» TASK INSTRUCTIONS: Everything in the listing below needs to be returned word for word.

» RECORDS PROVIDED:
_ _ _ _ _ _ _

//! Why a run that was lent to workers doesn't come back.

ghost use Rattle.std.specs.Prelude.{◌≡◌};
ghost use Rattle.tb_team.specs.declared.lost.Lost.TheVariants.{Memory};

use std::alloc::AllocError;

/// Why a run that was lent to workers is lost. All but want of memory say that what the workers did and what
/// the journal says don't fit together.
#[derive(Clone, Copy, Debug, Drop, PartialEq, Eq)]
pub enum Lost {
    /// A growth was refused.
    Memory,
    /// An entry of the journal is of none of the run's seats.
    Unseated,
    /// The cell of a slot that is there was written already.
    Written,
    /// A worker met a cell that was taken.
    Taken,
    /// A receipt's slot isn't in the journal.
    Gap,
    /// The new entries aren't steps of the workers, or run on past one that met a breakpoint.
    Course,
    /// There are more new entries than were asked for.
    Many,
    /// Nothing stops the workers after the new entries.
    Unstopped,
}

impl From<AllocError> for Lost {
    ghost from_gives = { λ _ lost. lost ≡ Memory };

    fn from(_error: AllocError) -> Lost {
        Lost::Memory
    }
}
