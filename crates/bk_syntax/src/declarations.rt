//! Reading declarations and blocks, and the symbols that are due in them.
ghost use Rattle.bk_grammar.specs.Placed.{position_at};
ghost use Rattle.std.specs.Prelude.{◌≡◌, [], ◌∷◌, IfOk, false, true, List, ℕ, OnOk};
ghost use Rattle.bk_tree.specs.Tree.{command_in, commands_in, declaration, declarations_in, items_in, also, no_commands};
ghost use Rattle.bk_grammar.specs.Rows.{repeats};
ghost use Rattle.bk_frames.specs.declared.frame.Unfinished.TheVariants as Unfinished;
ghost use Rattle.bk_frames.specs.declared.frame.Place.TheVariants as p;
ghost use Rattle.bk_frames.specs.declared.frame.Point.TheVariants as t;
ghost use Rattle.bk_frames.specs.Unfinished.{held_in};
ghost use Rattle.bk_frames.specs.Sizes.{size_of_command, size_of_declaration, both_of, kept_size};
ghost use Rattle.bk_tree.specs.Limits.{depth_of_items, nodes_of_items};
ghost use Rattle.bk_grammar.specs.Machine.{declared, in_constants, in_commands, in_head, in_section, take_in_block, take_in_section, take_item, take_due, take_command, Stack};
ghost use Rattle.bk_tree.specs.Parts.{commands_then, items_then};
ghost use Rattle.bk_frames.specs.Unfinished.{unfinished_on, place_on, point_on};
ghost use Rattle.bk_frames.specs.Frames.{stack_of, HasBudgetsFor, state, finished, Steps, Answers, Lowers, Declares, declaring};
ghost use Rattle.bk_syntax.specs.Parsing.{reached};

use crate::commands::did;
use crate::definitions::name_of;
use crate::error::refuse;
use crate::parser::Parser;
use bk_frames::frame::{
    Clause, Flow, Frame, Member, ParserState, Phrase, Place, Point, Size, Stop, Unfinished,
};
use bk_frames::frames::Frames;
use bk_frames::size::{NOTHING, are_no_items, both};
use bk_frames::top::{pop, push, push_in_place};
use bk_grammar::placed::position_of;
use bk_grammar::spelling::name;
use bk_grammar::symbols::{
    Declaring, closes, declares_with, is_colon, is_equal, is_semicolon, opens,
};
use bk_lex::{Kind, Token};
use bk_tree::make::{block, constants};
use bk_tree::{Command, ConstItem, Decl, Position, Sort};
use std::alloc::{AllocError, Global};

_ _ _ _ _ _ _

» SOLUTION:
//! Why a run that was lent to workers doesn't come back.

ghost use Rattle.std.specs.Prelude.{◌≡◌};
ghost use Rattle.tb_team.specs.declared.lost.Lost.TheVariants.{Memory};

use std::alloc::AllocError;

/// Why a run that was lent to workers is lost. All but want of memory say that what the workers did and what
/// the journal says don't fit together.
#[derive(Clone, Copy, Debug, Drop, PartialEq, Eq)]
pub enum Lost {
    /// A growth was refused.
    Memory,
    /// An entry of the journal is of none of the run's seats.
    Unseated,
    /// The cell of a slot that is there was written already.
    Written,
    /// A worker met a cell that was taken.
    Taken,
    /// A receipt's slot isn't in the journal.
    Gap,
    /// The new entries aren't steps of the workers, or run on past one that met a breakpoint.
    Course,
    /// There are more new entries than were asked for.
    Many,
    /// Nothing stops the workers after the new entries.
    Unstopped,
}

impl From<AllocError> for Lost {
    ghost from_gives = { λ _ lost. lost ≡ Memory };

    fn from(_error: AllocError) -> Lost {
        Lost::Memory
    }
}
filename crates/bk_syntax/src/declarations.rt
//! Reading declarations and blocks, and the symbols that are due in them.
ghost use Rattle.bk_grammar.specs.Placed.{position_at};
ghost use Rattle.std.specs.Prelude.{◌≡◌, [], ◌∷◌, IfOk, false, true, List, ℕ, OnOk};
ghost use Rattle.bk_tree.specs.Tree.{command_in, commands_in, declaration, declarations_in, items_in, also, no_commands};
ghost use Rattle.bk_grammar.specs.Rows.{repeats};
ghost use Rattle.bk_frames.specs.declared.frame.Unfinished.TheVariants as Unfinished;
ghost use Rattle.bk_frames.specs.declared.frame.Place.TheVariants as p;
ghost use Rattle.bk_frames.specs.declared.frame.Point.TheVariants as t;
ghost use Rattle.bk_frames.specs.Unfinished.{held_in};
ghost use Rattle.bk_frames.specs.Sizes.{size_of_command, size_of_declaration, both_of, kept_size};
ghost use Rattle.bk_tree.specs.Limits.{depth_of_items, nodes_of_items};
ghost use Rattle.bk_grammar.specs.Machine.{declared, in_constants, in_commands, in_head, in_section, take_in_block, take_in_section, take_item, take_due, take_command, Stack};
ghost use Rattle.bk_tree.specs.Parts.{commands_then, items_then};
ghost use Rattle.bk_frames.specs.Unfinished.{unfinished_on, place_on, point_on};
ghost use Rattle.bk_frames.specs.Frames.{stack_of, HasBudgetsFor, state, finished, Steps, Answers, Lowers, Declares, declaring};
ghost use Rattle.bk_syntax.specs.Parsing.{reached};

use crate::commands::did;
use crate::definitions::name_of;
use crate::error::refuse;
use crate::parser::Parser;
use bk_frames::frame::{
    Clause, Flow, Frame, Member, ParserState, Phrase, Place, Point, Size, Stop, Unfinished,
};
use bk_frames::frames::Frames;
use bk_frames::size::{NOTHING, are_no_items, both};
use bk_frames::top::{pop, push, push_in_place};
use bk_grammar::placed::position_of;
use bk_grammar::spelling::name;
use bk_grammar::symbols::{
    Declaring, closes, declares_with, is_colon, is_equal, is_semicolon, opens,
};
use bk_lex::{Kind, Token};
use bk_tree::make::{block, constants};
use bk_tree::{Command, ConstItem, Decl, Position, Sort};
use std::alloc::{AllocError, Global};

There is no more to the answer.